Required action:
Return, from the data that follows, each line that holds the word "number".

Given information:
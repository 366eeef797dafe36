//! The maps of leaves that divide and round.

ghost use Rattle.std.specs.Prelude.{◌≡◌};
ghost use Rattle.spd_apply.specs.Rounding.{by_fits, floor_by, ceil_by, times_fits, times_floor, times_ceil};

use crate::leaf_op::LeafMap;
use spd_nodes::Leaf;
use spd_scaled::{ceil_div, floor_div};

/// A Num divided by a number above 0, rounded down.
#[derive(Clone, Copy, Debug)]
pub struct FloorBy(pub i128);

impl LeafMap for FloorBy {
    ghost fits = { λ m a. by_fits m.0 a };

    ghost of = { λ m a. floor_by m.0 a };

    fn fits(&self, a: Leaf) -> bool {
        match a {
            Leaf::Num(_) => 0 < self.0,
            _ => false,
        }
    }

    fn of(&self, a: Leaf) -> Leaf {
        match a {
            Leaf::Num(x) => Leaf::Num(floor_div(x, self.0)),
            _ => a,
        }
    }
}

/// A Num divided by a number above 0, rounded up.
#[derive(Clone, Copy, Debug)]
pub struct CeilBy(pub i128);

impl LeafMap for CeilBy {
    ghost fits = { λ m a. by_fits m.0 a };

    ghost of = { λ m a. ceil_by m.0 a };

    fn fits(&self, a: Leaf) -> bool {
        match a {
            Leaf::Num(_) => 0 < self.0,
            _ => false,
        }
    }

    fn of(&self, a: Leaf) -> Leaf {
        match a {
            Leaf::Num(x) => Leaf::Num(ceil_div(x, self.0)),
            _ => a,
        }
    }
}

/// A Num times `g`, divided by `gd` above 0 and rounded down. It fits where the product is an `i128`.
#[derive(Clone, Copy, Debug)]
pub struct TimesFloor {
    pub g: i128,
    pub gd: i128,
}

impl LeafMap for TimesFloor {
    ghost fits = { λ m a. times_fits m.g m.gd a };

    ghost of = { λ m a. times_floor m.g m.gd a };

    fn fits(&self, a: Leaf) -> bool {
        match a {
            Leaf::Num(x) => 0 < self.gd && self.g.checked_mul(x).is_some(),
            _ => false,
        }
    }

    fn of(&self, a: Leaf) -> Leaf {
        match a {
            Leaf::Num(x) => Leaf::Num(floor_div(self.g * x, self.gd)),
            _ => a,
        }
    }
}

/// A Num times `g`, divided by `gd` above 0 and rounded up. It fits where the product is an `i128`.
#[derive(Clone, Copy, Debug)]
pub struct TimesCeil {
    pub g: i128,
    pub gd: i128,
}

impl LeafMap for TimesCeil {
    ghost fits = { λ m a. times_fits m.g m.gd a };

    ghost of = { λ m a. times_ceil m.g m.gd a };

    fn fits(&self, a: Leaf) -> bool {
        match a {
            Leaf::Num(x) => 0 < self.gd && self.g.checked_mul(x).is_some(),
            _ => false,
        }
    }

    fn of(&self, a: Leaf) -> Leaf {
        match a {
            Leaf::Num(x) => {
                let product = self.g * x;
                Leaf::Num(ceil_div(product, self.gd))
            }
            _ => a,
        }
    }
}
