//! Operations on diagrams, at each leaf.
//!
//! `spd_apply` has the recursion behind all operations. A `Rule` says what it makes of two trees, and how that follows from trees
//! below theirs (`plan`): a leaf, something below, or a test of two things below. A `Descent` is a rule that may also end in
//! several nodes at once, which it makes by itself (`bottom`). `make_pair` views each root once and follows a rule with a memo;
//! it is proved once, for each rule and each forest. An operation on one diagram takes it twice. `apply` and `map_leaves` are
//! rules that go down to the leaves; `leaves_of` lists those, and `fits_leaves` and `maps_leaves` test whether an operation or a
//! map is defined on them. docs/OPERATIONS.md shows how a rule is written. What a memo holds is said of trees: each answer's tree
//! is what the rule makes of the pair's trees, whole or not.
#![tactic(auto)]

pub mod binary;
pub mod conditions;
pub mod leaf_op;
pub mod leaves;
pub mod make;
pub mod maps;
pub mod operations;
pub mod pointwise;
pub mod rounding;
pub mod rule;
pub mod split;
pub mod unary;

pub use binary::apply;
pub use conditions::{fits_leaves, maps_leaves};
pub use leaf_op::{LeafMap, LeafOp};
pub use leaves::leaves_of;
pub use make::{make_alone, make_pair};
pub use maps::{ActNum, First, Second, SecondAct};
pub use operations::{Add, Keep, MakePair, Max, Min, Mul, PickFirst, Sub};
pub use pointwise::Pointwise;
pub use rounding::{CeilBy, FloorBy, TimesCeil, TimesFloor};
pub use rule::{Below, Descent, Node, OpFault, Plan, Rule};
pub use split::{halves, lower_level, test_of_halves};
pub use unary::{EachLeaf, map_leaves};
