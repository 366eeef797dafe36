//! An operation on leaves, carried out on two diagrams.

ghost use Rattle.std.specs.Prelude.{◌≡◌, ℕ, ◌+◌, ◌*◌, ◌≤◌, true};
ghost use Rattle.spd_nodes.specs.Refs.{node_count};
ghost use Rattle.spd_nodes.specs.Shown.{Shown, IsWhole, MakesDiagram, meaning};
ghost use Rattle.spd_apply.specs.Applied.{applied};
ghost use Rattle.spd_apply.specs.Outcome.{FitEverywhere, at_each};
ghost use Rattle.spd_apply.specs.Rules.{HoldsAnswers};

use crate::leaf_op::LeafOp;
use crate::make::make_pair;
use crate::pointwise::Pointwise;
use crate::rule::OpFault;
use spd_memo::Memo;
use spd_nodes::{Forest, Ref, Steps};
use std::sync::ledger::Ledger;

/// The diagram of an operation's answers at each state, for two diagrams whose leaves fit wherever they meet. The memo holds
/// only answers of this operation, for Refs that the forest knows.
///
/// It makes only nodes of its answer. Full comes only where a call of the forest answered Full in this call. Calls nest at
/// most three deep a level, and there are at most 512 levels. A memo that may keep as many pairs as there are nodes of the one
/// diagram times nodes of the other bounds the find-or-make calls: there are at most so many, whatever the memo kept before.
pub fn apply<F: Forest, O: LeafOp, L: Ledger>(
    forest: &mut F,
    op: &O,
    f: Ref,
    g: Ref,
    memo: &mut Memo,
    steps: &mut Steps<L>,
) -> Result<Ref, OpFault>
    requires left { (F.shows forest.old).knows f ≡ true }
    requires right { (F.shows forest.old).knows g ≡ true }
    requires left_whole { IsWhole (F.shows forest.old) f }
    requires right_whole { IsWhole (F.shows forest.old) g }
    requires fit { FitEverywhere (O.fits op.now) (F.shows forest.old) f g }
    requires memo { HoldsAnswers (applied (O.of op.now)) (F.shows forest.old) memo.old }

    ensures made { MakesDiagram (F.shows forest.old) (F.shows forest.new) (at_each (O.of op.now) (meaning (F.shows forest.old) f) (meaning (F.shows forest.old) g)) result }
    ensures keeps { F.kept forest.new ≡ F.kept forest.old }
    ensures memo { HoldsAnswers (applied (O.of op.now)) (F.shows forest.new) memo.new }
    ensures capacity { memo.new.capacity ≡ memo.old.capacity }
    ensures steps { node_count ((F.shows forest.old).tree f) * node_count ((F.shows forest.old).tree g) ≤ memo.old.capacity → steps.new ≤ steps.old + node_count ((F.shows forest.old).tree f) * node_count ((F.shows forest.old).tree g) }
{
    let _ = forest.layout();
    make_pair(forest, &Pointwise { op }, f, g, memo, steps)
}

Finished exercise:
/// A Num divided by a number above 0, rounded down.
/// A Num divided by a number above 0, rounded up.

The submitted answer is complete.